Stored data
/// Tells what the database in a folder keeps.
fn answer_listing<R, S: Source, K: Sink, N: Sink, G: Gate + Sync>(
    rt: &R,
    words: &[&str],
    folder: &str,
    source: &mut S,
    sink: &mut K,
    notes: &mut N,
    gate: &G,
) -> u8
where
    R: Threads + Wait + Sync + Files<File = File> + AllocGlobal,
    requires lists { MayChange (command_of (map (λ word. word.now) words.now)) → ⊥ }
    ensures statuses { IsExit result }
    ensures faults { AnswersFaults
        (record { before = S.faults source.old; after = S.faults source.new })
        (record { before = K.faults sink.old; after = K.faults sink.new }) result }
    ensures answered { OrEarly (AnsweredOver ⟦<FileDisk as Disk>⟧.settled ⟦<FileDisk as Disk>⟧.tells
        ⟦<FileDisk as Disk>⟧.clock ⟦<FileDisk as Disk>⟧.image_at ⟦<FileDisk as Disk>⟧.faults
        (map (λ word. word.now) words.now)
        (sources_of S.left S.faults source.old source.new))
        (sinks_of K.held K.faults sink.old sink.new) result }
{
    let asked = Asked {
        folder,
        access: Access::Shared,
        is_typed: false,
    };
    answer_over(rt, words, asked, source, sink, notes, gate)
}

/// Opens the database in a folder as it is asked for, and calls `top` over it.
fn answer_over<R, S: Source, K: Sink, N: Sink, G: Gate + Sync>(
    rt: &R,
    words: &[&str],
    asked: Asked<'_>,
    source: &mut S,
    sink: &mut K,
    notes: &mut N,
    gate: &G,
) -> u8
where
    R: Threads + Wait + Sync + Files<File = File> + AllocGlobal,
    requires asked { IsOpenedFor (command_of (map (λ word. word.now) words.now)) asked.access }
    ensures statuses { IsExit result }
    ensures faults { AnswersFaults
        (record { before = S.faults source.old; after = S.faults source.new })
        (record { before = K.faults sink.old; after = K.faults sink.new }) result }
    ensures answered { OrEarly (AnsweredOver ⟦<FileDisk as Disk>⟧.settled ⟦<FileDisk as Disk>⟧.tells
        ⟦<FileDisk as Disk>⟧.clock ⟦<FileDisk as Disk>⟧.image_at ⟦<FileDisk as Disk>⟧.faults
        (map (λ word. word.now) words.now)
        (sources_of S.left S.faults source.old source.new))
        (sinks_of K.held K.faults sink.old sink.new) result }
{
    match open_vault(rt, rt.alloc(), asked.folder, asked.access) {
        Ok(mut opened) => {
            tell_opened(rt.alloc(), notes, asked, &opened);
            let status = call_over(
                rt,
                words,
                asked.access,
                source,
                sink,
                &mut opened.vault,
                gate,
            );
            tell_causes(rt.alloc(), notes, asked.folder, &opened.vault);
            status
        }
        Err(error) => {
            tell_not_opened(rt.alloc(), notes, asked.folder, &error);
            tell(sink, ending_of(&error))
        }
    }
}

// How a call ends whose database can't be opened.
fn ending_of(error: &NotOpened) -> Ending
    ensures early { IsEarly result }
    ensures is { result ≡ ending_unopened error.now }
{
    match error {
        NotOpened::Without(device, _) => Ending::NoDevice(*device),
        NotOpened::NoMemory => Ending::NoMemory,
    }
}

/// Calls `top` over a database that was opened for it.
fn call_over<R, S: Source, K: Sink, G: Gate + Sync>(
    rt: &R,
    words: &[&str],
    access: Access,
    source: &mut S,
    sink: &mut K,
    vault: &mut Vault<FileDisk>,
    gate: &G,
) -> u8
where
    R: Threads + Wait + Sync + AllocGlobal,
    requires whole { IsWhole vault.old }
    requires asked { IsOpenedFor (command_of (map (λ word. word.now) words.now)) access }
    ensures statuses { IsExit result }
    ensures faults { AnswersFaults
        (record { before = S.faults source.old; after = S.faults source.new })
        (record { before = K.faults sink.old; after = K.faults sink.new }) result }
    ensures answered { AnsweredOver ⟦<FileDisk as Disk>⟧.settled ⟦<FileDisk as Disk>⟧.tells
        ⟦<FileDisk as Disk>⟧.clock ⟦<FileDisk as Disk>⟧.image_at ⟦<FileDisk as Disk>⟧.faults
        (map (λ word. word.now) words.now) (sources_of S.left S.faults source.old source.new)
        (sinks_of K.held K.faults sink.old sink.new) result }
{
    match access {
        Access::Alone => run_over(rt, words, source, sink, vault, gate),
        Access::Shared => list_over(rt, words, source, sink, vault, gate),
    }
}

/// Calls `top` with words that leave the database alone, over none. No file is opened or made: a script is often made
/// for a run beside it, which makes the files of the same folder, and would be in the way of another that does.
fn answer_alone<R, S: Source, K: Sink, G: Gate + Sync>(
    rt: &R,
    words: &[&str],
    source: &mut S,
    sink: &mut K,
    gate: &G,
) -> u8
where
    R: Threads + Wait + Sync + AllocGlobal,
    requires alone { LeavesVault (command_of (map (λ word. word.now) words.now)) }
    ensures statuses { IsExit result }
    ensures faults { AnswersFaults
        (record { before = S.faults source.old; after = S.faults source.new })
        (record { before = K.faults sink.old; after = K.faults sink.new }) result }
    ensures answered { OrEarly (AnsweredAlone ⟦<MemDisk as Disk>⟧.tells ⟦<MemDisk as Disk>⟧.clock
        ⟦<MemDisk as Disk>⟧.image_at ⟦<MemDisk as Disk>⟧.faults (map (λ word. word.now) words.now)
        (sources_of S.left S.faults source.old source.new))
        (sinks_of K.held K.faults sink.old sink.new) result }
{
    match no_vault(rt.alloc()) {
        Ok(mut vault) => top(rt, rt.alloc(), words, source, sink, &mut vault, gate),
        Err(AllocError) => tell(sink, Ending::NoMemory),
    }
}

// The words as texts.
fn texts(alloc: Global, words: &[String]) -> Result<Vec<&str>, AllocError>
    ensures { IfOk result (λ texts. map (λ text. text.now) texts.items ≡ map string_bytes words.now) }
{
    let mut texts = Vec::new(alloc);
    for word in words {
        texts.push(word.as_str())?;
    }
    Ok(texts)
}

/// Explains a status other than 0. The answer stands on standard output, so where this can't be written nothing is
/// missing.
fn explain<E: Sink>(errors: &mut E, status: u8)
    ensures explained { Explains status USAGE.now (E.held errors.old) (E.held errors.new)
        (E.faults errors.old) (E.faults errors.new) }
    ensures quiet { status ≡ 0 → errors.new ≡ errors.old }
{
    if status == 0 {
        return;
    }
    let _ = errors.write(explanation(status).as_bytes());
}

[Required action]
Output a faithful copy of every entry, keeping each line as written.

[Problem solution]
/// Tells what the database in a folder keeps.
fn answer_listing<R, S: Source, K: Sink, N: Sink, G: Gate + Sync>(
    rt: &R,
    words: &[&str],
    folder: &str,
    source: &mut S,
    sink: &mut K,
    notes: &mut N,
    gate: &G,
) -> u8
where
    R: Threads + Wait + Sync + Files<File = File> + AllocGlobal,
    requires lists { MayChange (command_of (map (λ word. word.now) words.now)) → ⊥ }
    ensures statuses { IsExit result }
    ensures faults { AnswersFaults
        (record { before = S.faults source.old; after = S.faults source.new })
        (record { before = K.faults sink.old; after = K.faults sink.new }) result }
    ensures answered { OrEarly (AnsweredOver ⟦<FileDisk as Disk>⟧.settled ⟦<FileDisk as Disk>⟧.tells
        ⟦<FileDisk as Disk>⟧.clock ⟦<FileDisk as Disk>⟧.image_at ⟦<FileDisk as Disk>⟧.faults
        (map (λ word. word.now) words.now)
        (sources_of S.left S.faults source.old source.new))
        (sinks_of K.held K.faults sink.old sink.new) result }
{
    let asked = Asked {
        folder,
        access: Access::Shared,
        is_typed: false,
    };
    answer_over(rt, words, asked, source, sink, notes, gate)
}

/// Opens the database in a folder as it is asked for, and calls `top` over it.
fn answer_over<R, S: Source, K: Sink, N: Sink, G: Gate + Sync>(
    rt: &R,
    words: &[&str],
    asked: Asked<'_>,
    source: &mut S,
    sink: &mut K,
    notes: &mut N,
    gate: &G,
) -> u8
where
    R: Threads + Wait + Sync + Files<File = File> + AllocGlobal,
    requires asked { IsOpenedFor (command_of (map (λ word. word.now) words.now)) asked.access }
    ensures statuses { IsExit result }
    ensures faults { AnswersFaults
        (record { before = S.faults source.old; after = S.faults source.new })
        (record { before = K.faults sink.old; after = K.faults sink.new }) result }
    ensures answered { OrEarly (AnsweredOver ⟦<FileDisk as Disk>⟧.settled ⟦<FileDisk as Disk>⟧.tells
        ⟦<FileDisk as Disk>⟧.clock ⟦<FileDisk as Disk>⟧.image_at ⟦<FileDisk as Disk>⟧.faults
        (map (λ word. word.now) words.now)
        (sources_of S.left S.faults source.old source.new))
        (sinks_of K.held K.faults sink.old sink.new) result }
{
    match open_vault(rt, rt.alloc(), asked.folder, asked.access) {
        Ok(mut opened) => {
            tell_opened(rt.alloc(), notes, asked, &opened);
            let status = call_over(
                rt,
                words,
                asked.access,
                source,
                sink,
                &mut opened.vault,
                gate,
            );
            tell_causes(rt.alloc(), notes, asked.folder, &opened.vault);
            status
        }
        Err(error) => {
            tell_not_opened(rt.alloc(), notes, asked.folder, &error);
            tell(sink, ending_of(&error))
        }
    }
}

// How a call ends whose database can't be opened.
fn ending_of(error: &NotOpened) -> Ending
    ensures early { IsEarly result }
    ensures is { result ≡ ending_unopened error.now }
{
    match error {
        NotOpened::Without(device, _) => Ending::NoDevice(*device),
        NotOpened::NoMemory => Ending::NoMemory,
    }
}

/// Calls `top` over a database that was opened for it.
fn call_over<R, S: Source, K: Sink, G: Gate + Sync>(
    rt: &R,
    words: &[&str],
    access: Access,
    source: &mut S,
    sink: &mut K,
    vault: &mut Vault<FileDisk>,
    gate: &G,
) -> u8
where
    R: Threads + Wait + Sync + AllocGlobal,
    requires whole { IsWhole vault.old }
    requires asked { IsOpenedFor (command_of (map (λ word. word.now) words.now)) access }
    ensures statuses { IsExit result }
    ensures faults { AnswersFaults
        (record { before = S.faults source.old; after = S.faults source.new })
        (record { before = K.faults sink.old; after = K.faults sink.new }) result }
    ensures answered { AnsweredOver ⟦<FileDisk as Disk>⟧.settled ⟦<FileDisk as Disk>⟧.tells
        ⟦<FileDisk as Disk>⟧.clock ⟦<FileDisk as Disk>⟧.image_at ⟦<FileDisk as Disk>⟧.faults
        (map (λ word. word.now) words.now) (sources_of S.left S.faults source.old source.new)
        (sinks_of K.held K.faults sink.old sink.new) result }
{
    match access {
        Access::Alone => run_over(rt, words, source, sink, vault, gate),
        Access::Shared => list_over(rt, words, source, sink, vault, gate),
    }
}

/// Calls `top` with words that leave the database alone, over none. No file is opened or made: a script is often made
/// for a run beside it, which makes the files of the same folder, and would be in the way of another that does.
fn answer_alone<R, S: Source, K: Sink, G: Gate + Sync>(
    rt: &R,
    words: &[&str],
    source: &mut S,
    sink: &mut K,
    gate: &G,
) -> u8
where
    R: Threads + Wait + Sync + AllocGlobal,
    requires alone { LeavesVault (command_of (map (λ word. word.now) words.now)) }
    ensures statuses { IsExit result }
    ensures faults { AnswersFaults
        (record { before = S.faults source.old; after = S.faults source.new })
        (record { before = K.faults sink.old; after = K.faults sink.new }) result }
    ensures answered { OrEarly (AnsweredAlone ⟦<MemDisk as Disk>⟧.tells ⟦<MemDisk as Disk>⟧.clock
        ⟦<MemDisk as Disk>⟧.image_at ⟦<MemDisk as Disk>⟧.faults (map (λ word. word.now) words.now)
        (sources_of S.left S.faults source.old source.new))
        (sinks_of K.held K.faults sink.old sink.new) result }
{
    match no_vault(rt.alloc()) {
        Ok(mut vault) => top(rt, rt.alloc(), words, source, sink, &mut vault, gate),
        Err(AllocError) => tell(sink, Ending::NoMemory),
    }
}

// The words as texts.
fn texts(alloc: Global, words: &[String]) -> Result<Vec<&str>, AllocError>
    ensures { IfOk result (λ texts. map (λ text. text.now) texts.items ≡ map string_bytes words.now) }
{
    let mut texts = Vec::new(alloc);
    for word in words {
        texts.push(word.as_str())?;
    }
    Ok(texts)
}

/// Explains a status other than 0. The answer stands on standard output, so where this can't be written nothing is
/// missing.
fn explain<E: Sink>(errors: &mut E, status: u8)
    ensures explained { Explains status USAGE.now (E.held errors.old) (E.held errors.new)
        (E.faults errors.old) (E.faults errors.new) }
    ensures quiet { status ≡ 0 → errors.new ≡ errors.old }
{
    if status == 0 {
        return;
    }
    let _ = errors.write(explanation(status).as_bytes());
}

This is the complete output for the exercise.